• [PROVIDED RECORDS]
══════════

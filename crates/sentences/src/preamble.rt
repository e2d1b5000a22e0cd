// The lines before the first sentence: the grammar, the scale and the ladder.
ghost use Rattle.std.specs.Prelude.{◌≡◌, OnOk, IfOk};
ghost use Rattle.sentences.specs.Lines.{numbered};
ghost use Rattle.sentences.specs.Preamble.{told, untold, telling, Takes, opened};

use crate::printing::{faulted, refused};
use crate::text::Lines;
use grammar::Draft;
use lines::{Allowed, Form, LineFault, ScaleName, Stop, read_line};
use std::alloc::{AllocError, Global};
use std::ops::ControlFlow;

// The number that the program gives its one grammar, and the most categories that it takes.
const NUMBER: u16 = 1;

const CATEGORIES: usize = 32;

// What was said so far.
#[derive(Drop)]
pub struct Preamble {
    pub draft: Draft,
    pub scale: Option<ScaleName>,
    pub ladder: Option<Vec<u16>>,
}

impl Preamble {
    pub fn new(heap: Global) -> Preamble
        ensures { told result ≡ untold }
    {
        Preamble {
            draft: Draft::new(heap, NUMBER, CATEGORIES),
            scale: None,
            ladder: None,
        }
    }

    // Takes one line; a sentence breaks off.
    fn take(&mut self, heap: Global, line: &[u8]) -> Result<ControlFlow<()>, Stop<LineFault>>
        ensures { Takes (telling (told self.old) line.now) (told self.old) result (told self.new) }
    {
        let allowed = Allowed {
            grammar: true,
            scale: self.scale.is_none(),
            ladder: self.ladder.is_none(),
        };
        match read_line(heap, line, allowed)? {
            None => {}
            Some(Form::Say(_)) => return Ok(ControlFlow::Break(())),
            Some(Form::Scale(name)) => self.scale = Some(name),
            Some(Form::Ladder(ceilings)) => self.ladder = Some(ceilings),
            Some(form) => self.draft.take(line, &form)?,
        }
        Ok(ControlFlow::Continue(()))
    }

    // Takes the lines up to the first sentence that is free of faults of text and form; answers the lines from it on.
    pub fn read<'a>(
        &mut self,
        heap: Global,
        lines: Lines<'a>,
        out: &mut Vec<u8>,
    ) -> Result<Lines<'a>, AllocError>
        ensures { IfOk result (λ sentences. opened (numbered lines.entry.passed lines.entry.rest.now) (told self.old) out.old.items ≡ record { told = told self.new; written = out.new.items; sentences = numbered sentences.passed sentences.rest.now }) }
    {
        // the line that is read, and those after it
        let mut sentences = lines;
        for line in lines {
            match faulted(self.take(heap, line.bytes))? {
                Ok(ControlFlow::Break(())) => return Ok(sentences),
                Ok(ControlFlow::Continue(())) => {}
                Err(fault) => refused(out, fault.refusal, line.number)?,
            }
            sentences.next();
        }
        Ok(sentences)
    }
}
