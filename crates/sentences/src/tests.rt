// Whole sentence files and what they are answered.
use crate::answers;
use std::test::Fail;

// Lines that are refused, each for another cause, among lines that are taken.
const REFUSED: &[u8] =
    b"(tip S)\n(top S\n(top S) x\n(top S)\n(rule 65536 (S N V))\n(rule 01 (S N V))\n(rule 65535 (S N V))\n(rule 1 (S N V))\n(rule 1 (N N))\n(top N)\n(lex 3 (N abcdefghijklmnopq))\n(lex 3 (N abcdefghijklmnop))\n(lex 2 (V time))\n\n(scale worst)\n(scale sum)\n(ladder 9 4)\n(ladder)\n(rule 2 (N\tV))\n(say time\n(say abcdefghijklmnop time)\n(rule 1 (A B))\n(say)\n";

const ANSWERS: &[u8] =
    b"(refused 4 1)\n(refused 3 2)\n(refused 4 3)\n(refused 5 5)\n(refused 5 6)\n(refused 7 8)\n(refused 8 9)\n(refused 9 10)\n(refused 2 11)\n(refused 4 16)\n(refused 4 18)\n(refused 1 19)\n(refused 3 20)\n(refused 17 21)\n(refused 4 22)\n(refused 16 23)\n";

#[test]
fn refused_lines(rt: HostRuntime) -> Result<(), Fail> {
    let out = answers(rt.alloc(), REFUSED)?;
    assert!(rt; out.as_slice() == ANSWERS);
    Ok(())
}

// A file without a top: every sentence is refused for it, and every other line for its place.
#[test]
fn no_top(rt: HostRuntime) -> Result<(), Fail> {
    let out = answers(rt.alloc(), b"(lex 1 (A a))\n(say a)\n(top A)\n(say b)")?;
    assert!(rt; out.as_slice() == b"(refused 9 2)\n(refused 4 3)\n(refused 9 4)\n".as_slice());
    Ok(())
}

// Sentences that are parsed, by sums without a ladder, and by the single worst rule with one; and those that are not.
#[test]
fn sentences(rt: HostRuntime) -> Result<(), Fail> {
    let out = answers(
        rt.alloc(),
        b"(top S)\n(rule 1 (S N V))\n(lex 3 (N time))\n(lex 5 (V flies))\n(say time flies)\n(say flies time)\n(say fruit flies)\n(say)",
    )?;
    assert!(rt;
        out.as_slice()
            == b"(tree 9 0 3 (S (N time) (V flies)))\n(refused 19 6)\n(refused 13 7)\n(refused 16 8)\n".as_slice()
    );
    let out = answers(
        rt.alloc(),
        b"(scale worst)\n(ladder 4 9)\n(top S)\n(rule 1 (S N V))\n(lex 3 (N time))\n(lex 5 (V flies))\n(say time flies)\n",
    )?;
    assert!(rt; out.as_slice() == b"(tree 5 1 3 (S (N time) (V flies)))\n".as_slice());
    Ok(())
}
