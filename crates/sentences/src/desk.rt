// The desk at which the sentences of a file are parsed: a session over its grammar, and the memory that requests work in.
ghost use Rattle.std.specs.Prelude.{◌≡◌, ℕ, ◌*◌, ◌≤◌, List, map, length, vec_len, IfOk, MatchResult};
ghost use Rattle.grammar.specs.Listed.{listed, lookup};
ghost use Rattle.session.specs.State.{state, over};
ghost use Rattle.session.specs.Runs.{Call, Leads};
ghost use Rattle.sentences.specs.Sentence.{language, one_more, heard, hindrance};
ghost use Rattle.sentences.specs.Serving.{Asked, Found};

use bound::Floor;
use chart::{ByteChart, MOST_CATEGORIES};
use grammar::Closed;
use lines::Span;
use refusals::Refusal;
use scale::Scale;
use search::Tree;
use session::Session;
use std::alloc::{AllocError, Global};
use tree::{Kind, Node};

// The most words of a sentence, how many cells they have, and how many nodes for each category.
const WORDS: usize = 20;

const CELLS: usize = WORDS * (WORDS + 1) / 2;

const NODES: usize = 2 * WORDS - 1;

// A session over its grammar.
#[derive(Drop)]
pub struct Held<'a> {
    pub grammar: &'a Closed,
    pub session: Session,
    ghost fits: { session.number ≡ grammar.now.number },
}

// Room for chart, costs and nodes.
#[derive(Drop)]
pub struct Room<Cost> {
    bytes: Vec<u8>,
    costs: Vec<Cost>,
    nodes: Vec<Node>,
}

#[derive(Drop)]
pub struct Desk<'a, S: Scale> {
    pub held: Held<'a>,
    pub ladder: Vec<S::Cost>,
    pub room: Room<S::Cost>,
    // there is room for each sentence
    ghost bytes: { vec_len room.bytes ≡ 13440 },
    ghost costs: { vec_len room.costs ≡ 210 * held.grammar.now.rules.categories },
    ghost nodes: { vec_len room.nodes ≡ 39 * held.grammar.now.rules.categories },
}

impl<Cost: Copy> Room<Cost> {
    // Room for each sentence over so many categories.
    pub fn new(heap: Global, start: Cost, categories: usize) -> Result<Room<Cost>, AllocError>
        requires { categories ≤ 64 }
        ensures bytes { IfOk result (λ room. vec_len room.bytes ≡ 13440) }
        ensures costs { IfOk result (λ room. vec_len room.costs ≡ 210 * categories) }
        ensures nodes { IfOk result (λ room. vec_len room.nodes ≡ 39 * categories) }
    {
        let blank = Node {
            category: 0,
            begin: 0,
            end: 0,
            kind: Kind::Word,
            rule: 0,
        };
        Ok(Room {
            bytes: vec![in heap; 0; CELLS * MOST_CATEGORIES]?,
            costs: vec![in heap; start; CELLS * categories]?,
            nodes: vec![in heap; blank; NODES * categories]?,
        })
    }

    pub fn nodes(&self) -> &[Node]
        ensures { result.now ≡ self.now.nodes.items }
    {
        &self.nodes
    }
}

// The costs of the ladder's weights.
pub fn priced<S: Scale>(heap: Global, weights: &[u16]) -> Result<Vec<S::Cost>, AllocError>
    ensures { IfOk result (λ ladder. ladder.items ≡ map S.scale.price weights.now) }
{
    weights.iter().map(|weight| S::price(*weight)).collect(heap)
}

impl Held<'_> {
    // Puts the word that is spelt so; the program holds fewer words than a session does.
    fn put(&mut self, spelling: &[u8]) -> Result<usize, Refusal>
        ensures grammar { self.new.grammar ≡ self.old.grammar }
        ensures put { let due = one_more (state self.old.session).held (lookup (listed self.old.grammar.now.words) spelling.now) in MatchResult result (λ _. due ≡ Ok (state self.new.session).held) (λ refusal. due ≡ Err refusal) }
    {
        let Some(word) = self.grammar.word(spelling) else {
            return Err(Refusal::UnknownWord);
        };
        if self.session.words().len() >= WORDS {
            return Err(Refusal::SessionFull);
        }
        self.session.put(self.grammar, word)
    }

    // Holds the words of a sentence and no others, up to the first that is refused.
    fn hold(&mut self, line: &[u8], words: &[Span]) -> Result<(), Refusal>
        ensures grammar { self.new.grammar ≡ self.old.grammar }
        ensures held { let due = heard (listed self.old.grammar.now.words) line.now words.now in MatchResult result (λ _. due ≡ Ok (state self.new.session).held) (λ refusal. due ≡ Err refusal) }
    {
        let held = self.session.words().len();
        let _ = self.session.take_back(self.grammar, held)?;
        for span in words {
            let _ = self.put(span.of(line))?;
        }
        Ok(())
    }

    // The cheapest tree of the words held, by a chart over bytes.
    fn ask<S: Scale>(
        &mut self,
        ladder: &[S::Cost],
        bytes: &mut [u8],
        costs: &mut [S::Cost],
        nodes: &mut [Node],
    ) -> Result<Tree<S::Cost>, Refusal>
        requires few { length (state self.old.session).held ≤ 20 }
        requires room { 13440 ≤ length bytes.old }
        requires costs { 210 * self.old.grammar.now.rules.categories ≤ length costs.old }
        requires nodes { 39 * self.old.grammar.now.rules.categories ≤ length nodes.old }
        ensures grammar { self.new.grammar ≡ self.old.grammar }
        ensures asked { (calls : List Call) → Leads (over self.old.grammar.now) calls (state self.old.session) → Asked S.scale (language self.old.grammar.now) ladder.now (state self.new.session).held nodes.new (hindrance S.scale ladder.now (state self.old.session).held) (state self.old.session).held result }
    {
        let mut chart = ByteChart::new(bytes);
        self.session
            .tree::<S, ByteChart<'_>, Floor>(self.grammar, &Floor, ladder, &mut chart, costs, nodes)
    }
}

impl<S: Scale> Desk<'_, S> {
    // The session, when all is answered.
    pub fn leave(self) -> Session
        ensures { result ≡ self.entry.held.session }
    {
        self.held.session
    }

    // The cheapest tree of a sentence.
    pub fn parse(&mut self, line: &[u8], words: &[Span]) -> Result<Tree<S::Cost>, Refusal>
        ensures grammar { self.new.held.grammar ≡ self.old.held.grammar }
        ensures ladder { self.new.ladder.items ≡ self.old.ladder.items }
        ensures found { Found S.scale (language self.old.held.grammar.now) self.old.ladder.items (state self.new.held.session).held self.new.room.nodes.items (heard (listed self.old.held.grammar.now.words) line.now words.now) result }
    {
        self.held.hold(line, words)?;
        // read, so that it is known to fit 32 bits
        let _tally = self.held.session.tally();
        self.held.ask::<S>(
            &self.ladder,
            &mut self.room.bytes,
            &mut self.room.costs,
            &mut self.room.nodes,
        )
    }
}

══════════

• [PROBLEM REQUIREMENTS]
Beginning with the first line of the entries, repeat each line exactly until you have reproduced the one containing "fn take(&mut self, heap: Global, line: &[u8])", and add nothing further.

• [THE COMPLETED TASK]
filename crates/sentences/src/preamble.rt
repository e2d1b5000a22e0cd
// The lines before the first sentence: the grammar, the scale and the ladder.
ghost use Rattle.std.specs.Prelude.{◌≡◌, OnOk, IfOk};
ghost use Rattle.sentences.specs.Lines.{numbered};
ghost use Rattle.sentences.specs.Preamble.{told, untold, telling, Takes, opened};

use crate::printing::{faulted, refused};
use crate::text::Lines;
use grammar::Draft;
use lines::{Allowed, Form, LineFault, ScaleName, Stop, read_line};
use std::alloc::{AllocError, Global};
use std::ops::ControlFlow;

// The number that the program gives its one grammar, and the most categories that it takes.
const NUMBER: u16 = 1;

const CATEGORIES: usize = 32;

// What was said so far.
#[derive(Drop)]
pub struct Preamble {
    pub draft: Draft,
    pub scale: Option<ScaleName>,
    pub ladder: Option<Vec<u16>>,
}

impl Preamble {
    pub fn new(heap: Global) -> Preamble
        ensures { told result ≡ untold }
    {
        Preamble {
            draft: Draft::new(heap, NUMBER, CATEGORIES),
            scale: None,
            ladder: None,
        }
    }

    // Takes one line; a sentence breaks off.
    fn take(&mut self, heap: Global, line: &[u8]) -> Result<ControlFlow<()>, Stop<LineFault>>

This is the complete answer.